Collected data:
____
//! Pictures of who waits for whom.

ghost use Rattle.std.specs.Prelude.{◌≡◌, ◌<◌, length};
ghost use Rattle.modes_core.specs.Sessions.{usual_sessions};

use crate::style::{Drawing, Pen};
use crate::text::{ObjectText, name_of};
use lock_manager::{Blocked, Blocker, How, Mode, ModeSet, QueueRow, SessionId, TableRow, Tag};
use lock_script::Names;
use modes_core::USUAL_SESSIONS;
use std::alloc::AllocError;
use std::fmt::Write;

/// A session that waits, with what it awaits.
#[derive(Clone, Copy, Debug)]
struct Wait {
    session: SessionId,
    tag: Tag,
    mode: Mode,
}

/// An arrow from a session that waits to one that is in its way by a mode.
#[derive(Clone, Copy, Debug)]
struct Arrow {
    from: SessionId,
    to: SessionId,
    mode: Mode,
    how: How,
}

/// What a session holds of an object that a session awaits.
#[derive(Clone, Copy, Debug)]
struct Hold {
    session: SessionId,
    tag: Tag,
    modes: ModeSet,
}

/// The queue of an object, and who waits in it, from the first one on.
#[derive(Debug, Drop)]
struct Queue {
    tag: Tag,
    waiters: Vec<SessionId>,
}

/// A picture of who waits for what, and for whom.
#[derive(Drop)]
pub struct Picture {
    pen: Pen,
    waits: Vec<Wait>,
    arrows: Vec<Arrow>,
    holds: Vec<Hold>,
    queues: Vec<Queue>,
}

impl Picture {
    /// A picture with nobody on it, which `pen` draws.
    pub fn new(pen: Pen) -> Self {
        Picture {
            pen,
            waits: Vec::new(pen.alloc),
            arrows: Vec::new(pen.alloc),
            holds: Vec::new(pen.alloc),
            queues: Vec::new(pen.alloc),
        }
    }

    /// The language that the picture is drawn in.
    pub fn drawing(&self) -> Drawing {
        self.pen.drawing
    }

    /// Whether the picture shows no wait.
    pub fn is_empty(&self) -> bool {
        self.waits.is_empty()
    }

    /// Adds the session that waits by `row` of a listing, with those that are in its way, `found`.
    pub fn add(&mut self, row: &TableRow, found: &[Blocker]) -> Result<(), AllocError> {
        self.add_wait(row.session, row.tag, row.mode, found)
    }

    /// Adds a session that waits, by what it said itself of its wait, `blocked`.
    pub fn add_blocked(&mut self, blocked: &Blocked) -> Result<(), AllocError> {
        self.add_wait(
            blocked.session,
            blocked.tag,
            blocked.mode,
            blocked.blockers.as_slice(),
        )
    }

    /// Adds `session`, which waits for `mode` on `tag`, with those `found` in its way.
    fn add_wait(
        &mut self,
        session: SessionId,
        tag: Tag,
        mode: Mode,
        found: &[Blocker],
    ) -> Result<(), AllocError> {
        self.waits.push(Wait { session, tag, mode })?;
        for blocker in found {
            self.arrows.push(Arrow {
                from: session,
                to: blocker.session,
                mode: blocker.mode,
                how: blocker.how,
            })?;
        }
        Ok(())
    }

    /// Whether the queue of `tag` was added.
    pub fn has_queue(&self, tag: Tag) -> bool {
        self.queues.iter().any(|queue| queue.tag == tag)
    }

    /// Adds the queue of `tag`, whose rows are `rows` from its first waiter on.
    pub fn add_queue(&mut self, tag: Tag, rows: &[QueueRow]) -> Result<(), AllocError> {
        let mut waiters = Vec::new(self.pen.alloc);
        for row in rows {
            waiters.push(row.session)?;
        }
        self.queues.push(Queue { tag, waiters })?;
        Ok(())
    }

    /// Adds that `session` holds `modes` of `tag`, if these are any.
    pub fn add_hold(
        &mut self,
        session: SessionId,
        tag: Tag,
        modes: ModeSet,
    ) -> Result<(), AllocError> {
        if modes == ModeSet::empty() {
            return Ok(());
        }
        self.holds.push(Hold {
            session,
            tag,
            modes,
        })?;
        Ok(())
    }

    /// How many queues were added to the picture.
    pub fn queues(&self) -> usize {
        self.queues.len()
    }

    /// The object whose queue was added at `place`, if more than `place` queues were added.
    pub fn queue_at(&self, place: usize) -> Option<Tag> {
        Some(self.queues.get(place)?.tag)
    }

    /// The picture's text, where `names` are those of all sessions: a node for each session by its number,
    /// with what it holds of the objects that are awaited, and what it awaits at which place; an arrow for
    /// each that is in another's way, and a mark for each that waits in a circle.
    pub fn text(&self, names: &Names) -> Result<String, AllocError> {
        let mut text = String::new(self.pen.alloc);
        match self.pen.drawing {
            Drawing::Mermaid => self.write_mermaid(names, &mut text)?,
            _ => self.write_dot(names, &mut text)?,
        }
        Ok(text)
    }

    fn write_mermaid(&self, names: &Names, text: &mut String) -> Result<(), AllocError> {
        writeln!(text, "graph LR")?;
        for number in 0..USUAL_SESSIONS {
            if self.shows(number) {
                self.write_mermaid_node(names, number, text)?;
            }
        }
        for arrow in &self.arrows {
            let (from, to, mode) = (arrow.from, arrow.to, arrow.mode);
            let line = match arrow.how {
                How::Held => "-->",
                How::Awaited => "-.->",
            };
            writeln!(text, "  s{from} {line}|{mode}| s{to}")?;
        }
        let circles = self.circles();
        for number in 0..USUAL_SESSIONS {
            if circles >> number & 1 == 1 {
                writeln!(text, "  style s{number} stroke:red,stroke-width:3px")?;
            }
        }
        Ok(())
    }

    fn write_mermaid_node(
        &self,
        names: &Names,
        number: u16,
        text: &mut String,
    ) -> Result<(), AllocError>
        requires { number < usual_sessions }
    {
        write!(text, "  s{number}[\"")?;
        self.write_label(names, number, "<br/>", text)?;
        writeln!(text, "\"]")
    }

    /// Writes what the node of the session `number` says to `text`, with `line_break` between two lines: its
    /// name, what it holds of each object that is awaited, and what it awaits.
    fn write_label(
        &self,
        names: &Names,
        number: u16,
        line_break: &str,
        text: &mut String,
    ) -> Result<(), AllocError>
        requires { number < usual_sessions }
    {
        write!(text, "{}", name_of(names, SessionId::new(number).unwrap()))?;
        for hold in &self.holds {
            if hold.session.number() == number {
                let object = ObjectText {
                    names,
                    tag: hold.tag,
                };
                write!(text, "{line_break}holds ")?;
                write_modes(hold.modes, text)?;
                write!(text, " on {object}")?;
            }
        }
        if let Some(wait) = self.wait_of(number) {
            let Wait { tag, mode, .. } = wait;
            let object = ObjectText { names, tag };
            write!(text, "{line_break}awaits {mode} on {object}")?;
            self.write_place(wait, line_break, text)?;
        }
        Ok(())
    }

    /// Writes to `text`, after a `line_break`, at which place of its object's queue the session of `wait`
    /// waits.
    fn write_place(
        &self,
        wait: Wait,
        line_break: &str,
        text: &mut String,
    ) -> Result<(), AllocError> {
        for queue in &self.queues {
            if queue.tag == wait.tag {
                let waiters = queue.waiters.as_slice();
                if let Some(before) = waiters.iter().position(|one| *one == wait.session) {
                    let (place, all) = (before.saturating_add(1), waiters.len());
                    return write!(text, "{line_break}{place} of {all} in the queue");
                }
            }
        }
        Ok(())
    }

    fn write_dot(&self, names: &Names, text: &mut String) -> Result<(), AllocError> {
        writeln!(text, "digraph locks {{")?;
        writeln!(text, "  rankdir=LR;")?;
        writeln!(text, "  node [shape=box];")?;
        let circles = self.circles();
        for number in 0..USUAL_SESSIONS {
            if self.shows(number) {
                let color = if circles >> number & 1 == 1 {
                    "red"
                } else {
                    "black"
                };
                self.write_dot_node(names, number, color, text)?;
            }
        }
        for arrow in &self.arrows {
            let (from, to, mode) = (arrow.from, arrow.to, arrow.mode);
            let style = match arrow.how {
                How::Held => "solid",
                How::Awaited => "dashed",
            };
            writeln!(
                text,
                "  s{from} -> s{to} [label=\"{mode}\", style={style}];"
            )?;
        }
        writeln!(text, "}}")
    }

    fn write_dot_node(
        &self,
        names: &Names,
        number: u16,
        color: &str,
        text: &mut String,
    ) -> Result<(), AllocError>
        requires { number < usual_sessions }
    {
        write!(text, "  s{number} [label=\"")?;
        self.write_label(names, number, "\\n", text)?;
        writeln!(text, "\", color={color}];")
    }

    /// What the session `number` awaits, if it waits.
    fn wait_of(&self, number: u16) -> Option<Wait> {
        for wait in &self.waits {
            if wait.session.number() == number {
                return Some(*wait);
            }
        }
        None
    }

    /// Whether the session `number` is on the picture.
    fn shows(&self, number: u16) -> bool {
        if self.wait_of(number).is_some() {
            return true;
        }
        for arrow in &self.arrows {
            if arrow.to.number() == number {
                return true;
            }
        }
        false
    }

    /// The sessions that wait in a circle, as a set of bits by their numbers: the arrows lead from each of
    /// them back to itself.
    fn circles(&self) -> u64 {
        let mut reached = [0_u64; 64];
        for arrow in &self.arrows {
            let (from, to) = (arrow.from.number(), arrow.to.number());
            if from < USUAL_SESSIONS && to < USUAL_SESSIONS {
                reached[usize::from(from)] |= 1 << to;
            }
        }
        for middle in 0..64_usize {
            for start in 0..64_usize {
                if reached[start] >> middle & 1 == 1 {
                    reached[start] |= reached[middle];
                }
            }
        }
        let mut circles = 0;
        for number in 0..64_usize {
            circles |= reached[number] & (1 << number);
        }
        circles
    }
}

/// Writes the names of `modes` to `text`, from the lowest number on, with a comma between two of them.
fn write_modes(modes: ModeSet, text: &mut String) -> Result<(), AllocError> {
    let mut is_first = true;
    for mode in Mode::ALL {
        if modes.has(mode) {
            if !is_first {
                text.push_str(", ")?;
            }
            is_first = false;
            write!(text, "{mode}")?;
        }
    }
    Ok(())
}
____
◆ **Exercise goal**: Output, exactly and with no other text, the line that contains "if from < USUAL_SESSIONS" and all lines from there to the end of the records.

◆ **Solution for this exercise**:
            if from < USUAL_SESSIONS && to < USUAL_SESSIONS {
                reached[usize::from(from)] |= 1 << to;
            }
        }
        for middle in 0..64_usize {
            for start in 0..64_usize {
                if reached[start] >> middle & 1 == 1 {
                    reached[start] |= reached[middle];
                }
            }
        }
        let mut circles = 0;
        for number in 0..64_usize {
            circles |= reached[number] & (1 << number);
        }
        circles
    }
}

/// Writes the names of `modes` to `text`, from the lowest number on, with a comma between two of them.
fn write_modes(modes: ModeSet, text: &mut String) -> Result<(), AllocError> {
    let mut is_first = true;
    for mode in Mode::ALL {
        if modes.has(mode) {
            if !is_first {
                text.push_str(", ")?;
            }
            is_first = false;
            write!(text, "{mode}")?;
        }
    }
    Ok(())
}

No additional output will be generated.